Все жизненные дороги петляют среди хаотически громоздящихся скорлуп и оболочек, а уж за ними, за скорлупами и оболочками, в глубине…
Себя ли познавая, мир, планомерно захлёстывающий стихией абсурда, мы тужимся прочесть написанное на задраенных дверцах: ведь прямо-таки нигде, кроме как на скромных – пусть лубочно, или ещё как изукрашенных – поверхностях, даже и сорвав шоры привычки, даже изловчившись вывернуть какую-нибудь вещь наизнанку или расколоть её, как орех – и увидеть под обличьем ядра новую скорлупу – не прочесть о ней, той самой вещи, ничего новенького.
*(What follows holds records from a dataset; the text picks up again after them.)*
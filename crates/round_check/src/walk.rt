//! The check of a trace's rounds.

ghost use Rattle.std.specs.Prelude.{◌≡◌, ◌+◌, ◌<◌, ◌≤◌, length, All, IfOk};
ghost use Rattle.input_form.specs.Judging.{Leaves, Reads};
ghost use Rattle.trace.specs.Formed.{IsFormedTrace};
ghost use Rattle.round_check.specs.Formed.{FitsOp, FitsOn, FitsItem};
ghost use Rattle.round_check.specs.Walk.{start, moved, enter_module, leave_module, unload_module, hook_tag, unhook_tag, load_module, walk_op, walk_ops, walk_item, walk_items, rounds_of, LeavesAll};

use crate::cpus::CpuTable;
use crate::key_checks::{give_key, pages_of, split_key, swap_keys, take_key, trim_key};
use crate::keys::{Block, Bound, KeyTable, Turn, unbound_keys};
use crate::modules::{ModuleTable, absent_modules};
use input_form::{Code, LineError, TextError, error_at, need};
use std::alloc::{AllocError, Global};
use trace::{Item, OnOp, Trace, TraceOp};

/// What the lines so far leave, and the number of rounds so far.
#[derive(Debug, Drop)]
pub struct Walk {
    pub keys: KeyTable,
    pub modules: ModuleTable,
    pub cpus: CpuTable,
    pub round: u32,
}

/// The most hooks that are out on a CPU.
const HOOK_LIMIT: usize = 16;

fn start(alloc: Global) -> Result<Walk, AllocError>
    ensures { IfOk result (λ walk. walk ≡ start) }
{
    Ok(Walk {
        keys: unbound_keys(alloc)?,
        modules: absent_modules(alloc)?,
        cpus: CpuTable::new(alloc)?,
        round: 0,
    })
}

fn moved(walk: &mut Walk, section: u32)
    requires { section < 65 }
    ensures moved { walk.new ≡ moved walk.old section }
    ensures round { walk.new.round ≡ walk.old.round }
{
    let mut state = walk.modules.at(section);
    state.moved = walk.round;
    walk.modules.set(section, state);
}

#[tactic(auto, unfolding(crate::specs::Walk::enter_module))]
fn enter_module(walk: &mut Walk, cpu: u32, section: u32) -> Result<(), LineError>
    requires cpu { cpu < 64 }
    requires section { section < 65 }
    ensures judged { Leaves result walk.new (enter_module walk.old cpu section) }
    ensures round { walk.new.round ≡ walk.old.round }
{
    let state = walk.modules.at(section);
    need(state.unloaded != walk.round, Code::UnloadShared(section))?;
    need(state.loaded, Code::NotLoaded(section))?;
    need(!walk.cpus.is_inside(cpu, section), Code::Inside(section))?;
    moved(walk, section);
    walk.cpus.enter(cpu, section)?;
    Ok(())
}

#[tactic(auto, unfolding(crate::specs::Walk::leave_module))]
fn leave_module(walk: &mut Walk, cpu: u32, section: u32) -> Result<(), LineError>
    requires cpu { cpu < 64 }
    requires section { section < 65 }
    ensures judged { Leaves result walk.new (leave_module walk.old cpu section) }
    ensures round { walk.new.round ≡ walk.old.round }
{
    let state = walk.modules.at(section);
    need(state.unloaded != walk.round, Code::UnloadShared(section))?;
    need(walk.cpus.is_inside(cpu, section), Code::NotInside(section))?;
    need(!walk.cpus.is_hooked(cpu, section), Code::Hooked(section))?;
    moved(walk, section);
    walk.cpus.leave(cpu, section);
    Ok(())
}

#[tactic(auto, unfolding(crate::specs::Walk::unload_module))]
fn unload_module(walk: &mut Walk, section: u32) -> Result<(), LineError>
    requires { section < 65 }
    ensures judged { Leaves result walk.new (unload_module walk.old section) }
    ensures round { walk.new.round ≡ walk.old.round }
{
    let mut state = walk.modules.at(section);
    let shared = state.moved == walk.round || state.unloaded == walk.round;
    need(!shared, Code::UnloadShared(section))?;
    need(state.loaded, Code::NotLoaded(section))?;
    let users = walk.cpus.users(section);
    need(users == 0, Code::Busy(users))?;
    state.loaded = false;
    state.unloaded = walk.round;
    walk.modules.set(section, state);
    Ok(())
}

#[tactic(auto, unfolding(crate::specs::Walk::hook_tag))]
fn hook_tag(walk: &mut Walk, cpu: u32, section: u32) -> Result<(), LineError>
    requires { cpu < 64 }
    ensures judged { Leaves result walk.new (hook_tag walk.old cpu section) }
    ensures round { walk.new.round ≡ walk.old.round }
{
    need(
        section == 0 || walk.cpus.is_inside(cpu, section),
        Code::NotInside(section),
    )?;
    need(walk.cpus.hooks_out(cpu) < HOOK_LIMIT, Code::Deep)?;
    walk.cpus.hook(cpu, section)?;
    Ok(())
}

#[tactic(auto, unfolding(crate::specs::Walk::unhook_tag))]
fn unhook_tag(walk: &mut Walk, cpu: u32) -> Result<(), LineError>
    requires { cpu < 64 }
    ensures judged { Leaves result walk.new (unhook_tag walk.old cpu) }
    ensures round { walk.new.round ≡ walk.old.round }
{
    need(walk.cpus.hooks_out(cpu) > 0, Code::NoHook)?;
    walk.cpus.unhook(cpu);
    Ok(())
}

#[tactic(auto, unfolding(crate::specs::Walk::load_module))]
fn load_module(walk: &mut Walk, section: u32) -> Result<(), LineError>
    requires { section < 65 }
    ensures judged { Leaves result walk.new (load_module walk.old section) }
    ensures round { walk.new.round ≡ walk.old.round }
{
    let mut state = walk.modules.at(section);
    need(!state.loaded, Code::AlreadyLoaded(section))?;
    state.loaded = true;
    walk.modules.set(section, state);
    Ok(())
}

// An op of a CPU.
#[tactic(auto, unfolding(crate::specs::Walk::walk_op))]
fn walk_op(walk: &mut Walk, cpu: u32, op: TraceOp) -> Result<(), LineError>
    requires cpu { cpu < 64 }
    requires op { FitsOp op }
    ensures judged { Leaves result walk.new (walk_op cpu op walk.old) }
    ensures round { walk.new.round ≡ walk.old.round }
{
    let turn = Turn {
        round: walk.round,
        cpu,
    };
    match op {
        TraceOp::Page { key, order } => {
            let block = Block {
                order,
                pages: pages_of(order),
                trimmed: false,
            };
            take_key(&mut walk.keys, turn, key, Bound::Block(block))?;
            Ok(())
        }
        TraceOp::Kmalloc { key, .. } => {
            take_key(&mut walk.keys, turn, key, Bound::Object)?;
            Ok(())
        }
        TraceOp::Free { key } => {
            give_key(&mut walk.keys, turn, key)?;
            Ok(())
        }
        TraceOp::Split { key, order, first } => {
            split_key(&mut walk.keys, turn, key, order, first)?;
            Ok(())
        }
        TraceOp::Swap { one, two } => {
            swap_keys(&mut walk.keys, turn, one, two)?;
            Ok(())
        }
        TraceOp::Trim { key, pages } => {
            trim_key(&mut walk.keys, turn, key, pages)?;
            Ok(())
        }
        TraceOp::Hook { section, .. } => hook_tag(walk, cpu, section),
        TraceOp::Unhook => unhook_tag(walk, cpu),
        TraceOp::Enter { section } => enter_module(walk, cpu, section),
        TraceOp::Leave { section } => leave_module(walk, cpu, section),
        TraceOp::Unload { section } => unload_module(walk, section),
    }
}

// The ops of a round, in the order of their lines.
fn walk_ops(walk: &mut Walk, ops: &[OnOp]) -> Result<(), TextError>
    requires { All FitsOn ops.now }
    ensures judged { LeavesAll result walk.new (walk_ops ops.now walk.old) }
    ensures round { walk.new.round ≡ walk.old.round }
{
    for on in ops {
        if let Err(error) = walk_op(walk, on.cpu, on.op) {
            return Err(error_at(on.line, error));
        }
    }
    Ok(())
}

#[tactic(auto, unfolding(crate::specs::Walk::walk_item))]
fn walk_item(walk: &mut Walk, item: &Item) -> Result<(), TextError>
    requires item { FitsItem item.now }
    requires round { walk.old.round < 4294967295 }
    ensures judged { LeavesAll result walk.new (walk_item item.now walk.old) }
    ensures round { walk.new.round ≤ walk.old.round + 1 }
{
    match item {
        Item::Round { ops } => {
            walk.round += 1;
            walk_ops(walk, ops.as_slice())
        }
        Item::Load { line, section } => match load_module(walk, *section) {
            Ok(()) => Ok(()),
            Err(error) => Err(error_at(*line, error)),
        },
        Item::Print | Item::Areas => Ok(()),
    }
}

fn walk_items(walk: &mut Walk, items: &[Item]) -> Result<(), TextError>
    requires items { All FitsItem items.now }
    requires few { walk.old.round + length items.now < 4294967296 }
    ensures { LeavesAll result walk.new (walk_items items.now walk.old) }
{
    for item in items {
        walk_item(walk, item)?;
    }
    Ok(())
}

/// Whether the rounds of a trace may run: no two CPUs name one key in a round, and each line finds its keys, modules
/// and hooks as it needs them. Refuses the first line that does not.
#[tactic(auto, unfolding(crate::specs::Walk::rounds_of))]
pub fn check_rounds(alloc: Global, trace: &Trace) -> Result<(), TextError>
    requires { IsFormedTrace trace.now }
    ensures { Reads result (rounds_of trace.now) }
{
    let mut walk = match start(alloc) {
        Ok(walk) => walk,
        Err(error) => return Err(TextError::Memory(error)),
    };
    walk_items(&mut walk, trace.body.as_slice())
}
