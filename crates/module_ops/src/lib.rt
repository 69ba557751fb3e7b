//! The manager of modules: who is inside which, the module list, and what loads, unloads and cleans.
#![tactic(auto)]

mod event;
mod modules;
mod op;

pub use event::{Cause, Event};
pub use modules::ModuleTable;
pub use op::ManagerOp;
Но, почему-то стесняясь в этом признаться, обманывая себя и тех, кто идёт за нами, мы с наивной горячностью возвышаем некую спрятанную от глаз глубину-реальность, якобы хранящую истину во всей её полноте, над заведомо низкой видимостью, пока на неожиданном витке понимания – ну и въелась же в кожу спиральная идеология! – не остудит вдруг, что спрятанная реальность – фикция, что любые проникновенные суждения о жизни отталкиваются от узоров на пошловатых её обёртках, так как постижение внутреннего всегда и везде выливается в истолкование внешнего. Да и как иначе? И что в лимузине нашёптывал сухой старик в нобелевском фраке, почти касаясь уха Соснина жёсткими, как щёточка, стрижеными усами? Привалился слева, когда сворачивали с Поцелуева моста на Мойку, и шептал, шептал еле слышно, чтобы не удостоиться насмешки высокомерного господина в вишнёвой шёлковой пижаме, восседавшего с демонстративным равнодушием справа от Соснина. – И сама-то красота, – шептал старик-нобелевец, – хотя мы молимся на неё, понятийной этимологией своей противостоит глубине, поскольку красота изначально предполагает видимость, а глубина – скрытость.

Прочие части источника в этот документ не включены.